И тут в нем произошла вспышка энергии, напоминавшая в миниатюре его прежнее сокрушительное движение к цели, — нечто вроде атомного взрыва в условиях физического кабинета начальной школы. Он с молниеносной быстротой, не дав никому ни единого козыря в руки, вызнал все обстоятельства жизни Рены, ее адрес, ее распорядок дня и даже то, что сегодня вечером она будет в ресторане «Континенталь».
Он думал отвезти вещи на другое утро, но к вечеру температура упала ниже нуля, и пошел настоящий, крупный, хлопчатый снег, непроглядно завесивший окна, и он понял, что нельзя откладывать, ей будет очень холодно, когда она выйдет из ресторана.
Быстро и ловко сложив и запаковав вещи — получился продолговатый, красивый сверток, — он оделся, вызвал машину и поехал в «Континенталь».
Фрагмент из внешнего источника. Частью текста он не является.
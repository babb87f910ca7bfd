//! The tables and the alphabets of triggers.
ghost use Rattle.std.specs.Prelude.{◌≡◌, IfOk, true};
ghost use Rattle.std.specs.List.{AllByRecursion};
ghost use Rattle.ode_value.specs.ClassLimits.{limits_trigger, limits_triggers};
ghost use Rattle.ode_value.specs.Numbers.{has_numbers};
ghost use Rattle.ode_value.specs.TreeCount.{tree_count};
ghost use Rattle.ode_value.specs.Symbols.{alphabet};
ghost use Rattle.ode_compile.specs.Answers.{Passes};
ghost use Rattle.ode_compile.specs.Compiling.{AreCompiled, IsCompiled, few_states, few_symbols, tree_counts};

use crate::stop::CompileStop;
use ode_symbols::{Alphabet, AlphabetError};
use ode_table::{BuildError, Table, build};
use ode_value::{List, Refusal, TriggerDecl};
use std::alloc::Global;

#[tactic(auto, using(crate::proofs::LimitLaws::symbols_pass, crate::proofs::LimitLaws::symbols_stop))]
fn alphabet_of(alloc: Global, trigger: &TriggerDecl) -> Result<Alphabet, CompileStop>
    ensures few { Passes (few_symbols trigger.now) result }
    ensures rows { IfOk result (λ rows. rows ≡ alphabet trigger.now.event) }
{
    match Alphabet::of(alloc, &trigger.event) {
        Ok(alphabet) => Ok(alphabet),
        Err(AlphabetError::Memory) => Err(CompileStop::Memory),
        Err(AlphabetError::TooManySymbols { count }) => {
            let trigger = trigger.name.copy(alloc)?;
            Err(CompileStop::Refused(Refusal::TooManySymbols { trigger, count }))
        }
    }
}

// The table over the trigger's own alphabet whose states are the trees of its event.
#[tactic(auto, using(crate::proofs::TriggerLaws::built_as))]
fn built(alloc: Global, trigger: &TriggerDecl, symbols: &Alphabet) -> Result<Table, CompileStop>
    requires numbers { has_numbers trigger.now.event ≡ true }
    requires own { symbols.now ≡ alphabet trigger.now.event }
    ensures few { Passes (few_states trigger.now) result }
    ensures table { IfOk result (λ table. IsCompiled trigger.now table symbols.now) }
    ensures count { IfOk result (λ table. table.states ≡ tree_count trigger.now.event) }
{
    match build(alloc, &trigger.event, symbols) {
        Ok(table) => {
            // Read, so that its parts are known to fit each other.
            let _rows = table.rows();
            Ok(table)
        }
        Err(BuildError::Memory) => Err(CompileStop::Memory),
        Err(BuildError::TooManyStates) => {
            let trigger = trigger.name.copy(alloc)?;
            Err(CompileStop::Refused(Refusal::TooManyStates { trigger }))
        }
    }
}

#[tactic(auto, using(crate::proofs::AnswerLaws::stops_through))]
fn compile_trigger(
    alloc: Global,
    trigger: &TriggerDecl,
) -> Result<(Table, Alphabet, u16), CompileStop>
    requires { has_numbers trigger.now.event ≡ true }
    ensures limits { Passes (limits_trigger trigger.now) result }
    ensures compiled { IfOk result (λ made. IsCompiled trigger.now made.0 made.1) }
    ensures count { IfOk result (λ made. made.2 ≡ tree_count trigger.now.event) }
{
    let alphabet = alphabet_of(alloc, trigger)?;
    let table = built(alloc, trigger, &alphabet)?;
    let count = table.states();
    Ok((table, alphabet, count))
}

/// For each of these triggers, in order, a table whose states are the trees of its event, its alphabet and how many trees there are, or
/// the first refusal.
pub(crate) fn compile_triggers(
    alloc: Global,
    triggers: &[TriggerDecl],
) -> Result<(List<Table>, List<Alphabet>, List<u16>), CompileStop>
    requires { AllByRecursion (λ t. has_numbers t.event ≡ true) triggers.now }
    ensures limits { Passes (limits_triggers triggers.now) result }
    ensures compiled { IfOk result (λ made. AreCompiled triggers.now made.0 made.1) }
    ensures counts { IfOk result (λ made. made.2 ≡ tree_counts triggers.now) }
{
    let mut tables = List::new(alloc);
    let mut alphabets = List::new(alloc);
    let mut counts = List::new(alloc);
    for trigger in triggers {
        let (table, alphabet, count) = compile_trigger(alloc, trigger)?;
        tables.push(table)?;
        alphabets.push(alphabet)?;
        counts.push(count)?;
    }
    Ok((tables, alphabets, counts))
}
Он не бывал в этом новом, недавно открывшемся кабаке у подножия телевизионной башни. Построенный сплошь из стекла, «Континенталь» напоминал гигантский аквариум. Сквозь полупрозрачные шторы пробивался молочный свет, и по нему плавно перемещались зеленые, красные, бурые пятна, казалось, рыбы плавают в молоке. Кабак уже завоевал популярность, двери осаждала толпа. В основном молодые люди в вельветовых и замшевых куртках. Ресторан находился между кварталом искусств, где обитали художники, и университетом, видимо, больше тяготея к первому. «Хотя теперешних студентов не отличишь от художественной богемы», — подумал Гай. Хорош он здесь будет в вечернем костюме! Вход в ресторан загораживала массивная фигура служителя в тужурке с золотым кантом и форменной фуражке, похожего скорее на вышибалу, нежели на добропорядочного швейцара. Тяжелая лобовая кость надвинулась на глаза и короткое переносье раздавленного носа. Бывший боксер, что ли? Пытавшихся проникнуть в ресторан он останавливал грубо: «Не видишь, полно?»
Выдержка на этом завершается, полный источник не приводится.